- **TASK REQUIREMENTS**: Only the lines from the start of the data through the one containing "out of memory." belong in your answer; return them exactly.

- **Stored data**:

——————

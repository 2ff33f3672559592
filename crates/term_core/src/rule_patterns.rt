// Patterns of rules: terms with variables and calls of functions.
ghost use Rattle.std.specs.Prelude.{◌≡◌, [], length, IfOk, Some};
ghost use Rattle.term_core.specs.Forests.{forest, children};
ghost use Rattle.term_core.specs.Patterns.{instance_of, ground_pattern, ground_patterns};
ghost use Rattle.term_core.specs.RulePatterns.{plain_pattern};
ghost use Rattle.term_core.specs.PatternLists.{plain_patterns};

use crate::ids::{SortId, SymId};
use crate::terms::{Term, View};
use crate::values::Value;
use std::alloc::{AllocError, Global};

/// A pattern of a rule. Contracts see it as the plain pattern `plain_pattern`.
#[derive(Drop)]
pub enum RulePat {
    /// A variable, by its number in its rule.
    Var(u32),
    /// A domain value of a sort.
    Value(SortId, Value),
    /// A constructor with its arguments.
    Ctor(SymId, Vec<RulePat>),
    /// An injection: its source sort, its target sort, and the injected pattern.
    Inj(SortId, SortId, Box<RulePat>),
    /// A function, its sort arguments, and its arguments.
    Call(SymId, Vec<SortId>, Vec<RulePat>),
}

/// The pattern of the same tree. It has no variable, and becomes the term under every substitution.
/// An error: out of memory.
pub fn pattern_of(alloc: Global, term: &Term) -> Result<RulePat, AllocError>
    ensures tree { IfOk result (λ p. plain_pattern p ≡ ground_pattern term.now) }
    ensures instance { IfOk result (λ p. instance_of [] (plain_pattern p) ≡ Some term.now) }
{
    // A term is normal, so it is an instance of its own pattern.
    let _high = term.height();
    copied(alloc, term)
}

// The pattern of the same tree, by the term's head.
#[cycle(copied)]
fn copied(alloc: Global, term: &Term) -> Result<RulePat, AllocError>
    ensures { IfOk result (λ p. plain_pattern p ≡ ground_pattern term.now) }
{
    match term.head() {
        View::Value(sort, value) => Ok(RulePat::Value(sort, value.share()?)),
        View::Ctor(sym, count) => Ok(RulePat::Ctor(sym, copied_children(alloc, term, count)?)),
        View::Inj(from, to) => {
            let below = copied(alloc, term.child(0))?;
            Ok(RulePat::Inj(from, to, Box::new(alloc, below)?))
        }
    }
}

// The patterns of a term's children.
#[cycle(copied)]
fn copied_children(alloc: Global, term: &Term, count: usize) -> Result<Vec<RulePat>, AllocError>
    requires { count ≡ length (children term.now) }
    ensures { IfOk result
        (λ ps. plain_patterns ps.items ≡ ground_patterns (forest (children term.now))) }
{
    let mut pats = Vec::with_capacity(alloc, count)?;
    for i in 0..count {
        pats.push(copied(alloc, term.child(i))?)?;
    }
    Ok(pats)
}
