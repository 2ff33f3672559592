// The grammar of Kore text, and the first fault of a text.
//
// `definition_fault` and `pattern_fault` say whether bytes spell a definition or a pattern by the
// grammar of the Kore language document. If they do not, they return the first fault and its place.
// The definitions are in `specs/`. `TokenStream` has the tokens of a text, `Trees` has the trees
// without memory, and `Grammar` spells a tree. `Faults` says what the first fault of a text is, and
// `Remaining` says what is left of a text while its tokens are taken. `TextLaws` and `Identifiers`
// have laws on these; they are the contracts of `text_laws` and `name_laws`. `Table` is the table
// by which the tokens are looked at, one at a time. Only private functions cite it and the other
// modules.
#![tactic(auto)]

mod expected;
mod faults;
mod finder;
mod laws;
mod names;
mod symbols;
mod tokens;
mod words;

pub use faults::TextFault;
pub use finder::{definition_fault, pattern_fault};
pub use laws::{name_laws, text_laws};
pub use names::{Binder, Built, Op};
pub use tokens::{Next, Tokens};
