// The first fault of a text.

ghost use Rattle.std.specs.Prelude.{◌≡◌, ◌≤◌, ◌&&◌, ℕ, List, ◌<◌, ◌^◌, length, Some, IfOk};
ghost use Rattle.kore_text.specs.TokenStream.{token_stream, token_of};
ghost use Rattle.kore_text.specs.Remaining.{left, size};
ghost use Rattle.kore_text.specs.Table.{run, is_fold, passes, empty_fold, pattern_symbols};
ghost use Rattle.kore_text.specs.Table.{definition_symbols};
ghost use Rattle.kore_text.specs.Faults.{IsFirstFaultOfText, IsPattern, IsDefinition};
ghost use Rattle.kore_text.specs.Depth.{opened};

use crate::expected::Expected;
use crate::faults::TextFault;
use crate::symbols::Symbol;
use crate::tokens::{Next, Tokens};
use crate::words::LexedToken;
use kore_lex::TokenKind;
use std::alloc::{AllocError, Global};

/// The greatest number of brackets `(` and `{` that may be open at once.
const MOST_OPEN: usize = 500;

/// What follows the name of a fold if the fold has no argument.
const EMPTY_FOLD: [Symbol; 4] = [
    Symbol::Mark(b'{'),
    Symbol::Mark(b'}'),
    Symbol::Mark(b'('),
    Symbol::EmptyFolded,
];

/// A text of which some tokens were looked at.
#[derive(Drop)]
pub(crate) struct Finder<'a> {
    alloc: Global,
    tokens: Tokens<'a>,
    expected: Expected,
    // how many brackets `(` and `{` are open
    depth: usize,
    ghost shallow: { depth ≤ 500 },
}

/// What was found at the next token.
#[derive(Clone, Copy)]
pub(crate) enum Look {
    /// The token is good.
    Good,
    /// The text ends, and it is good.
    Fine,
    Fault(TextFault),
}

/// The first fault of a text of fewer than 2^32 bytes that should be a definition. Returns none if
/// the bytes spell a definition. Fails only if memory runs out. Time is linear in how many bytes
/// there are, and nothing recurses.
#[tactic(auto, using(crate::proofs::Explaining::definition_fault))]
pub fn definition_fault(alloc: Global, text: &[u8]) -> Result<Option<TextFault>, AllocError>
    requires { length text.now < 2 ^ 32 }
    ensures { IfOk result (λ f. IsFirstFaultOfText IsDefinition 0 (token_stream text.now) f) }
{
    first_fault(
        alloc,
        text,
        &[Symbol::Attributes, Symbol::Module, Symbol::Modules],
    )
}

/// The first fault of a text of fewer than 2^32 bytes that should be a pattern. Returns none if the
/// bytes spell a pattern. Fails only if memory runs out. Time is linear in how many bytes there
/// are, and nothing recurses.
#[tactic(auto, using(crate::proofs::Explaining::pattern_fault))]
pub fn pattern_fault(alloc: Global, text: &[u8]) -> Result<Option<TextFault>, AllocError>
    requires { length text.now < 2 ^ 32 }
    ensures { IfOk result (λ f. IsFirstFaultOfText IsPattern 0 (token_stream text.now) f) }
{
    first_fault(alloc, text, &[Symbol::Pattern(false)])
}

/// The first fault of a text at whose head these symbols are to come.
fn first_fault(
    alloc: Global,
    text: &[u8],
    start: &[Symbol],
) -> Result<Option<TextFault>, AllocError>
    requires { length text.now < 2 ^ 32 }
    ensures { IfOk result (λ f. f ≡ run (token_stream text.now) (Some 0) start.now) }
{
    let mut finder = Finder {
        alloc,
        tokens: Tokens::new(text),
        expected: Expected::new(alloc, start)?,
        depth: 0,
    };
    loop {
        match finder.look()? {
            Look::Good => {}
            Look::Fine => return Ok(None),
            Look::Fault(fault) => return Ok(Some(fault)),
        }
    }
}

impl<'a> Finder<'a> {
    ghost use Rattle.kore_text.specs.Finding.{Looks, Ends};

    /// Looks at the next token.
    #[tactic(auto, using(crate::proofs::Looking::run_end, crate::proofs::Looking::run_fault, crate::proofs::Looking::run_empty_fold, crate::proofs::Looking::run_stuck, crate::proofs::Looking::run_deep, crate::proofs::Looking::run_on, crate::proofs::Looking::size_token))]
    fn look(&mut self) -> Result<Look, AllocError>
        ensures { IfOk result (λ l. Looks l self.old self.new) }
    {
        match self.tokens.next() {
            Next::End(at) => Ok(self.end(at)),
            Next::Fault(at) => Ok(Look::Fault(TextFault::Lex(at))),
            Next::Token(kind, at, bytes) => {
                let word = LexedToken { kind, bytes };
                if begins_empty_fold(self.alloc, &word, &self.tokens)? {
                    return Ok(Look::Fault(TextFault::Syntax(at)));
                }
                if !self.expected.take(&word)? {
                    return Ok(Look::Fault(TextFault::Syntax(at)));
                }
                let depth = opened(kind, self.depth);
                if depth > MOST_OPEN {
                    return Ok(Look::Fault(TextFault::Deep(at)));
                }
                self.depth = depth;
                Ok(Look::Good)
            }
        }
    }

    /// What is found if the text ends at byte `at`.
    #[tactic(auto, using(crate::proofs::Looking::run_ends, crate::proofs::Looking::run_no_end))]
    fn end(&self, at: u32) -> Look
        ensures { Ends result at self.now }
    {
        if self.expected.can_end() {
            Look::Fine
        } else {
            Look::Fault(TextFault::Syntax(at))
        }
    }
}

/// Whether this token and the tokens after it begin a fold without an argument.
fn begins_empty_fold(
    alloc: Global,
    word: &LexedToken<'_>,
    tokens: &Tokens<'_>,
) -> Result<bool, AllocError>
    ensures { IfOk result (λ yes. yes
        ≡ (is_fold (token_of word.now.kind word.now.bytes.now)
        && passes (left tokens.now) empty_fold)) }
{
    if !word.is_fold() {
        return Ok(false);
    }
    is_empty_fold(alloc, tokens.fork())
}

/// Whether these tokens, after the name of a fold, say that the fold has no argument.
#[tactic(auto, using(crate::proofs::Looking::passes_done, crate::proofs::Looking::passes_end, crate::proofs::Looking::passes_fault, crate::proofs::Looking::passes_token, crate::proofs::Looking::passes_stuck, crate::proofs::Looking::size_token))]
fn is_empty_fold(alloc: Global, mut tokens: Tokens<'_>) -> Result<bool, AllocError>
    ensures { IfOk result (λ yes. yes ≡ passes (left tokens.entry) empty_fold) }
{
    let mut expected = Expected::new(alloc, &EMPTY_FOLD)?;
    while !expected.is_done() {
        let Next::Token(kind, _, bytes) = tokens.next() else {
            return Ok(false);
        };
        if !expected.take(&LexedToken { kind, bytes })? {
            return Ok(false);
        }
    }
    Ok(true)
}

/// How many brackets are open after a token, if `depth` are open before it.
fn opened(kind: TokenKind, depth: usize) -> usize
    requires { depth ≤ 500 }
    ensures { (bytes : List ℕ) → result ≡ opened (token_of kind bytes) depth }
{
    match kind {
        TokenKind::Punct(b'(' | b'{') => depth + 1,
        TokenKind::Punct(b')' | b'}') => depth.saturating_sub(1),
        _ => depth,
    }
}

——————

- **EXERCISE SOLUTION**:
repository 2ff33f3672559592
filename crates/term_core/src/rule_patterns.rt
// Patterns of rules: terms with variables and calls of functions.
ghost use Rattle.std.specs.Prelude.{◌≡◌, [], length, IfOk, Some};
ghost use Rattle.term_core.specs.Forests.{forest, children};
ghost use Rattle.term_core.specs.Patterns.{instance_of, ground_pattern, ground_patterns};
ghost use Rattle.term_core.specs.RulePatterns.{plain_pattern};
ghost use Rattle.term_core.specs.PatternLists.{plain_patterns};

use crate::ids::{SortId, SymId};
use crate::terms::{Term, View};
use crate::values::Value;
use std::alloc::{AllocError, Global};

/// A pattern of a rule. Contracts see it as the plain pattern `plain_pattern`.
#[derive(Drop)]
pub enum RulePat {
    /// A variable, by its number in its rule.
    Var(u32),
    /// A domain value of a sort.
    Value(SortId, Value),
    /// A constructor with its arguments.
    Ctor(SymId, Vec<RulePat>),
    /// An injection: its source sort, its target sort, and the injected pattern.
    Inj(SortId, SortId, Box<RulePat>),
    /// A function, its sort arguments, and its arguments.
    Call(SymId, Vec<SortId>, Vec<RulePat>),
}

/// The pattern of the same tree. It has no variable, and becomes the term under every substitution.
/// An error: out of memory.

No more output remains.